Decades of prioritizing economic growth over social equity has led to historically high levels of wealth and income inequality and caused governments to miss out on a virtuous circle in which growth is strengthened by being shared more widely and generated without unduly straining the environment or burdening future generations. These are the findings from the World Economic Forum’s Inclusive Development Index 2018, which is released today.

Excessive reliance by economists and policy-makers on gross domestic product as the primary metric of national economic performance is part of the problem, since GDP measures current production of goods and services rather than the extent to which it contributes to broad socio-economic progress as manifested in median household income, employment opportunity, economic security and quality of life.

The Inclusive Development Index is an annual assessment that measures how 103 countries perform on 11 dimensions of economic progress in addition to GDP. It has three pillars: growth and development; inclusion; and intergenerational equity – sustainable stewardship of natural and financial resources.

According to this year’s index, over the past five years, the 29 advanced economies included in the study have on average flatlined in terms of inclusion, which is measured by median household income, poverty, and wealth and income inequality, despite boosting their Growth and Development score by over 3%. The four indicators that make up the index’s Growth and Development pillar are: GDP per capita; labour productivity; employment; and healthy life expectancy.

Over the same period, only 12 of the 29 advanced economies were successful in reducing poverty and only eight saw a decrease in income inequality.

More worrying still: rich and poor countries alike are struggling to protect future generations. The index’s Intergenerational Equity and Sustainability pillar – which takes into account public debt; carbon intensity of GDP; dependency ratio and adjusted net savings (which measures savings in an economy after investments in human capital, depletion of natural resources and the cost of pollution) – actually deteriorated in upper-, middle- and low-income economies since 2012 and improved only marginally (0.6%) in advanced economies.

Top performing countries

According to the index, the most inclusive advanced economy in the world in 2018 is Norway. The Nordic nation ranks second overall for intergenerational equity and third for the two other pillars of the index: Growth and Development, and Inclusion. Small European economies dominate the top of the index, with Australia (9) the only non-European economy in the top 10.

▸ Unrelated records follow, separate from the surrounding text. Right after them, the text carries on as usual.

ghost use Rattle.std.specs.Prelude.{◌≡◌, ◌∷◌, ◌++◌, [], length, map, reverse, IfOk, OnOk};
ghost use Rattle.fst_program.specs.Paths.{plain_goal};
ghost use Rattle.fst_program.specs.Plain.{plain_comp, plain_fun, plain_param};
ghost use Rattle.fst_terms.specs.Formulas.{put, vars_from};
ghost use Rattle.fst_terms.specs.Meaning.{plain_var};
ghost use Rattle.fst_terms.specs.Terms.{plain_term};
ghost use Rattle.fst_top.specs.Built.{var_of};
ghost use Rattle.fst_top.specs.Goals.{CmSimple, FunSimple, GivenSimple, TmSimple, end_goal, end_of, ends, simple_goals, start_of};
ghost use Rattle.fst_top.specs.Ways.{state_of};

use crate::goals::instantiate::{instantiate, variables};
use crate::goals::way::{Test, Way};
use fst_base::{OutOfMemory, Seq};
use fst_program::{Choice, Comp, Fun, Goal, Param, Site, SiteKind};
use fst_terms::{Formula, Sequent, Term, Var};
use std::alloc::Global;

/// The walk over the ways of a function.
#[derive(Clone, Copy)]
pub struct Walker<'a> {
    pub alloc: Global,
    pub fun: &'a Fun,
    pub number: u32,
}

/// The parameters as variables.
fn vars_of(alloc: Global, params: &[Param]) -> Result<Seq<Var>, OutOfMemory>
    ensures { IfOk result (λ vars. map plain_var vars ≡ map (λ p. var_of (plain_param p)) params.now) }
{
    let mut vars = Seq::new(alloc);
    for param in params {
        let name = param.name.copy(alloc)?;
        let sort = param.sort.copy(alloc)?;
        vars.push(Var { name, sort })?;
    }
    Ok(vars)
}

fn copy_formulas(alloc: Global, formulas: &[Formula]) -> Result<Seq<Formula>, OutOfMemory>
    ensures { IfOk result (λ copies. copies ≡ formulas.now) }
{
    let mut copies = Seq::new(alloc);
    for formula in formulas {
        copies.push(formula.copy(alloc)?)?;
    }
    Ok(copies)
}

impl<'a> Walker<'a> {
    /// The goals of the function, in order.
    pub fn goals(&self) -> Result<Seq<Goal>, OutOfMemory>
        requires { FunSimple (plain_fun self.now.fun.now) }
        ensures { IfOk result (λ goals. map plain_goal goals ≡ simple_goals self.now.number (plain_fun self.now.fun.now)) }
    {
        let mut way = self.start()?;
        let mut goals = Seq::new(self.alloc);
        self.walk(&self.fun.body, &mut way, &mut goals)?;
        Ok(goals)
    }

    /// The variables of the parameters, the last one with index 0 at the end.
    fn own_terms(&self) -> Result<Seq<Term>, OutOfMemory>
        ensures { IfOk result (λ terms. reverse (map plain_term terms) ≡ vars_from 0 (length self.now.fun.now.params)) }
    {
        match u32::try_from(self.fun.params.len()) {
            Ok(count) => variables(self.alloc, count),
            // An index has 32 bits.
            Err(_) => Err(OutOfMemory),
        }
    }

    /// The way that the body begins on: requires is a hypothesis.
    fn start(&self) -> Result<Way, OutOfMemory>
        requires { FunSimple (plain_fun self.now.fun.now) }
        ensures { IfOk result (λ way. state_of way ≡ start_of (plain_fun self.now.fun.now)) }
    {
        let terms = self.own_terms()?;
        let mut hyps = Seq::new(self.alloc);
        if let Some(needs) = &self.fun.needs {
            hyps.push(instantiate(self.alloc, needs, terms.as_slice())?)?;
        }
        Ok(Way {
            terms,
            hyps,
            choices: Seq::new(self.alloc),
        })
    }

    /// Adds the goals at the ends of the ways through a text.
    #[cycle(walk)]
    fn walk(&self, text: &Comp, way: &mut Way, goals: &mut Seq<Goal>) -> Result<(), OutOfMemory>
        requires text { CmSimple (plain_comp text.now) }
        requires gives { GivenSimple (plain_fun self.now.fun.now).gives }
        ensures goals { OnOk result (map plain_goal goals.new ≡ map plain_goal goals.old ++ ends (end_of self.now.number (plain_fun self.now.fun.now)) (plain_comp text.now) (state_of way.old)) }
        ensures way { OnOk result (state_of way.new ≡ state_of way.old) }
    {
        match text {
            Comp::Ret(term) => self.end(term, way, goals),
            Comp::Let(_, bound, rest) => {
                let Comp::Ret(term) = bound.get() else {
                    unreachable!();
                };
                way.bind(way.value(self.alloc, term)?)?;
                self.walk(rest.get(), way, goals)?;
                way.unbind();
                Ok(())
            }
            Comp::If(test, left, right) => match way.test(self.alloc, test)? {
                Test::Literal(true) => self.walk(left.get(), way, goals),
                Test::Literal(false) => self.walk(right.get(), way, goals),
                Test::Open(formula) => {
                    way.suppose(formula, Choice::Then)?;
                    self.walk(left.get(), way, goals)?;
                    way.turn(self.alloc)?;
                    self.walk(right.get(), way, goals)?;
                    way.leave();
                    Ok(())
                }
            },
            _ => unreachable!(),
        }
    }

    /// Adds the goal at the end of a way with this result, where the function has ensures.
    fn end(&self, term: &Term, way: &Way, goals: &mut Seq<Goal>) -> Result<(), OutOfMemory>
        requires term { TmSimple (plain_term term.now) }
        requires gives { GivenSimple (plain_fun self.now.fun.now).gives }
        ensures { OnOk result (map plain_goal goals.new ≡ map plain_goal goals.old ++ end_of self.now.number (plain_fun self.now.fun.now) (state_of way.now) (put (state_of way.now).terms (plain_term term.now))) }
    {
        let Some(gives) = &self.fun.gives else {
            return Ok(());
        };
        goals.push(self.goal(gives, term, way)?)?;
        Ok(())
    }

    /// The goal that the ensures `gives` asks for at the end of a way with this result.
    fn goal(&self, gives: &Formula, term: &Term, way: &Way) -> Result<Goal, OutOfMemory>
        requires gives { TmSimple (plain_term gives.now) }
        requires term { TmSimple (plain_term term.now) }
        ensures { IfOk result (λ goal. plain_goal goal ≡ end_goal self.now.number (plain_fun self.now.fun.now) (state_of way.now) (put (put (state_of way.now).terms (plain_term term.now) ∷ vars_from 0 (length self.now.fun.now.params)) (plain_term gives.now))) }
    {
        let vars = vars_of(self.alloc, self.fun.params.as_slice())?;
        let hyps = copy_formulas(self.alloc, way.hyps.as_slice())?;
        let choices = Seq::from_slice(self.alloc, way.choices.as_slice())?;
        let goal = self.formula(gives, term, way)?;
        let sequent = Sequent { vars, hyps, goal };
        let site = Site {
            kind: SiteKind::Ensures,
            fun: self.number,
            at: self.fun.at,
            choices,
        };
        Ok(Goal { site, sequent })
    }

    /// The formula `gives` on this result.
    fn formula(&self, gives: &Formula, term: &Term, way: &Way) -> Result<Formula, OutOfMemory>
        requires gives { TmSimple (plain_term gives.now) }
        requires term { TmSimple (plain_term term.now) }
        ensures { IfOk result (λ made. plain_term made ≡ put (put (state_of way.now).terms (plain_term term.now) ∷ vars_from 0 (length self.now.fun.now.params)) (plain_term gives.now)) }
    {
        let mut terms = self.own_terms()?;
        terms.push(way.value(self.alloc, term)?)?;
        let formula = instantiate(self.alloc, gives, terms.as_slice())?;
        Ok(formula)
    }
}
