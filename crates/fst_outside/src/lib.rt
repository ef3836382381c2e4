//! The outside: where a file's bytes come from, and where a text goes.
#![tactic(auto)]

mod fault;
mod file;
mod folder_shelf;
mod memory_shelf;
mod memory_sink;
mod out_sink;
mod shelf;
mod sink;
mod steady_shelf;
mod steady_sink;

pub use fault::{FetchFault, PutFault};
pub use file::File;
pub use folder_shelf::FolderShelf;
pub use memory_shelf::MemoryShelf;
pub use memory_sink::{Fail, MemorySink};
pub use out_sink::OutSink;
pub use shelf::Shelf;
pub use sink::Sink;
pub use steady_shelf::SteadyShelf;
pub use steady_sink::SteadySink;
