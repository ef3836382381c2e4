ghost use Rattle.std.specs.Prelude.{◌≡◌, ◌≢◌, ◌⊎◌, ◌+◌, ◌<◌, ◌^◌, [], Some, length};
ghost use Rattle.std.specs.Option.{option_copied};
ghost use Rattle.fst_outside.specs.Memory.{bytes_of, held_up_to, answer, fetched_once, ShelfState};

use crate::fault::FetchFault;
use crate::file::{File, bytes_of, up_to};
use crate::shelf::Shelf;
use fst_base::{Name, Seq};
use std::alloc::Global;
use std::marker::Model;

/// Files in memory. The fetches with the listed numbers, from 0, fail, as does that of a name that is not held.
#[derive(Drop)]
pub struct MemoryShelf {
    files: Seq<File>,
    failing: Seq<u64>,
    fetched: Seq<Name>,
    faults: u64,
}

impl Model for MemoryShelf {
    ghost use Rattle.std.specs.Prelude.{◌≤◌, length};
    ghost use Rattle.fst_outside.specs.Memory.{ShelfState};

    ghost Value = { ShelfState };

    ghost view = { λ s. record { files = s.files; failing = s.failing; fetched = s.fetched; faults = s.faults } };

    ghost invariant = { λ s. s.faults ≤ length s.fetched };
}

impl MemoryShelf {
    /// A shelf of these files. The list of names that it keeps grows by `alloc`.
    pub fn new(alloc: Global, files: Seq<File>, failing: Seq<u64>) -> MemoryShelf
        ensures { result ≡ record { files = files; failing = failing; fetched = []; faults = 0 } }
    {
        MemoryShelf {
            files,
            failing,
            fetched: Seq::new(alloc),
            faults: 0,
        }
    }

    /// The files that it holds.
    pub fn files(&self) -> &Seq<File>
        ensures { result.now ≡ self.now.files }
    {
        &self.files
    }

    fn answer(&self, alloc: Global, name: &str, limit: usize) -> Result<Seq<u8>, FetchFault>
        ensures { (result ≡ Err FetchFault.NoMemory) ⊎ (result ≡ answer self.now name.now limit) }
    {
        let number = number_of(self.fetched.as_slice());
        if self.failing.as_slice().contains(&number) {
            return Err(FetchFault::Failed);
        }
        held_up_to(alloc, limit, bytes_of(self.files.as_slice(), name))
    }
}

impl Shelf for MemoryShelf {
    ghost told = { λ s name. bytes_of s.files name };

    ghost bytes_read = { λ _. [] };

    ghost fetched = { λ s. Some s.fetched };

    ghost faults = { λ s. s.faults };

    fn fetch(&mut self, alloc: Global, name: &str, limit: usize) -> Result<Seq<u8>, FetchFault>
        ensures answer { (result ≡ Err FetchFault.NoMemory) ⊎ (result ≡ answer self.old name.now limit) }
        ensures after { result ≢ Err FetchFault.NoMemory → self.new ≡ fetched_once self.old name.now result }
        ensures no_memory { result ≡ Err FetchFault.NoMemory → self.new ≡ self.old }
        ensures below { self.new.faults + 1 < 2 ^ 64 }
    {
        let number = number_of(self.fetched.as_slice());
        let noted = Name::new(alloc, name)?;
        let answer = self.answer(alloc, name, limit);
        if let Err(FetchFault::NoMemory) = answer {
            return Err(FetchFault::NoMemory);
        }
        self.fetched.push(noted)?;
        if let Err(FetchFault::Failed) = answer {
            self.faults += 1;
        }
        answer
    }
}

/// The bytes of a file that is held, where they are at most `limit`.
fn held_up_to(alloc: Global, limit: usize, held: Option<&Seq<u8>>) -> Result<Seq<u8>, FetchFault>
    ensures { (result ≡ Err FetchFault.NoMemory) ⊎ (result ≡ held_up_to limit (option_copied held.entry)) }
{
    match held {
        Some(bytes) => up_to(alloc, limit, bytes.as_slice()),
        None => Err(FetchFault::Failed),
    }
}

/// The number of the fetch that follows those of these names.
fn number_of(fetched: &[Name]) -> u64
    ensures value { result ≡ length fetched.now }
    ensures small { result + 2 < 2 ^ 64 }
{
    fetched.len() as u64
}
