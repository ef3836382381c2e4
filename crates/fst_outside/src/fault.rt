ghost use Rattle.std.specs.Prelude.{◌≡◌};

use fst_base::OutOfMemory;
use thiserror::Error;

/// Why a fetch gave no bytes.
#[derive(Clone, Copy, Debug, PartialEq, Eq, Error)]
pub enum FetchFault {
    #[error("the fetch failed")]
    Failed,
    #[error("the file is too long")]
    TooLong,
    #[error("out of memory")]
    NoMemory,
}

/// Why a put did not take the piece.
#[derive(Clone, Copy, Debug, PartialEq, Eq, Error)]
pub enum PutFault {
    #[error("the put failed")]
    Failed,
    #[error("out of memory")]
    NoMemory,
}

impl From<OutOfMemory> for FetchFault {
    ghost use Rattle.fst_outside.specs.declared.fault.FetchFault.TheVariants.{NoMemory};

    ghost from_gives = { λ _ fault. fault ≡ NoMemory };

    fn from(_: OutOfMemory) -> FetchFault {
        FetchFault::NoMemory
    }
}

impl From<OutOfMemory> for PutFault {
    ghost use Rattle.fst_outside.specs.declared.fault.PutFault.TheVariants.{NoMemory};

    ghost from_gives = { λ _ fault. fault ≡ NoMemory };

    fn from(_: OutOfMemory) -> PutFault {
        PutFault::NoMemory
    }
}
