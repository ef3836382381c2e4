ghost use Rattle.std.specs.Prelude.{◌≡◌, ◌≢◌, ◌+◌, ◌<◌, ◌^◌, [], Some, IsSome, OnOk};
ghost use Rattle.fst_outside.specs.Outside.{IsOneMore};
ghost use Rattle.fst_outside.specs.Memory.{SinkState, kept_of, put_once, next_call, calls_told};

use crate::fault::PutFault;
use crate::sink::Sink;
use fst_base::Seq;
use std::alloc::Global;
use std::marker::Model;

/// A call of `put`, by its number from 0, that fails, and how many bytes it appends before.
#[derive(Clone, Copy, Debug, PartialEq, Eq)]
pub struct Fail {
    pub call: u64,
    pub kept: usize,
}

/// A text in memory. The listed calls fail; the first entry of a call counts.
#[derive(Drop)]
pub struct MemorySink {
    failing: Seq<Fail>,
    written: Seq<u8>,
    calls: u64,
    faults: u64,
}

impl Model for MemorySink {
    ghost use Rattle.std.specs.Prelude.{◌+◌, ◌<◌, ◌^◌};
    ghost use Rattle.fst_outside.specs.Memory.{SinkState};

    ghost Value = { SinkState };

    ghost view = { λ s. record { failing = s.failing; written = s.written; calls = s.calls; faults = s.faults } };

    ghost invariant = { λ s. s.faults + 1 < 2 ^ 64 };
}

/// Past these a fault counts as want of memory. No run gets there.
const MOST_FAULTS: u64 = u64::MAX - 1;

impl MemorySink {
    /// An empty text, which grows by `alloc`, and the calls that are to fail.
    pub fn new(alloc: Global, failing: Seq<Fail>) -> MemorySink
        ensures { result ≡ record { failing = failing; written = []; calls = 0; faults = 0 } }
    {
        MemorySink {
            failing,
            written: Seq::new(alloc),
            calls: 0,
            faults: 0,
        }
    }

    /// The text so far.
    pub fn written(&self) -> &Seq<u8>
        ensures { result.now ≡ self.now.written }
    {
        &self.written
    }
}

impl Sink for MemorySink {
    ghost written = { λ s. Some s.written };

    ghost calls = { λ s. calls_told s.calls };

    ghost faults = { λ s. s.faults };

    #[tactic(auto, using(crate::proofs::SinkLemmas::one_more))]
    fn put(&mut self, piece: &[u8]) -> Result<(), PutFault>
        ensures ok { OnOk result (kept_of self.old.failing self.old.calls ≡ None) }
        ensures failed { result ≡ Err PutFault.Failed → IsSome (kept_of self.old.failing self.old.calls) }
        ensures after { result ≢ Err PutFault.NoMemory → self.new ≡ put_once self.old piece.now }
        ensures no_memory { result ≡ Err PutFault.NoMemory → self.new ≡ record self.old { calls = next_call self.old.calls } }
        ensures below { self.new.faults + 1 < 2 ^ 64 }
        ensures counted { IsOneMore (calls_told self.old.calls) (calls_told self.new.calls) }
    {
        let call = self.calls;
        self.calls = call.saturating_add(1);
        match kept_of(self.failing.as_slice(), call) {
            None => {
                self.written.extend_from_slice(piece)?;
                Ok(())
            }
            Some(_) if self.faults == MOST_FAULTS => Err(PutFault::NoMemory),
            Some(kept) => {
                self.written
                    .extend_from_slice(&piece[..kept.min(piece.len())])?;
                self.faults += 1;
                Err(PutFault::Failed)
            }
        }
    }
}

fn kept_of(failing: &[Fail], call: u64) -> Option<usize>
    ensures { result ≡ kept_of failing.now call }
{
    for fail in failing {
        if fail.call == call {
            return Some(fail.kept);
        }
    }
    None
}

Of the G7 economies, Germany (12) ranks the highest. It is followed by Canada (17), France (18), the United Kingdom (21), the United States (23), Japan (24) and Italy (27). In many countries, there is a stark difference between individual pillars. For example, the US ranks 10 out of 29 for Growth and Development; however, it ranks 28 on Inclusion and 26 on Intergenerational Equity. France, on the other hand, fares less well on Growth and Development (21 out of 29); however, it ranks 12 for Inclusion. Its low ranking on Intergenerational Equity (24) suggests it may be storing up problems for the future.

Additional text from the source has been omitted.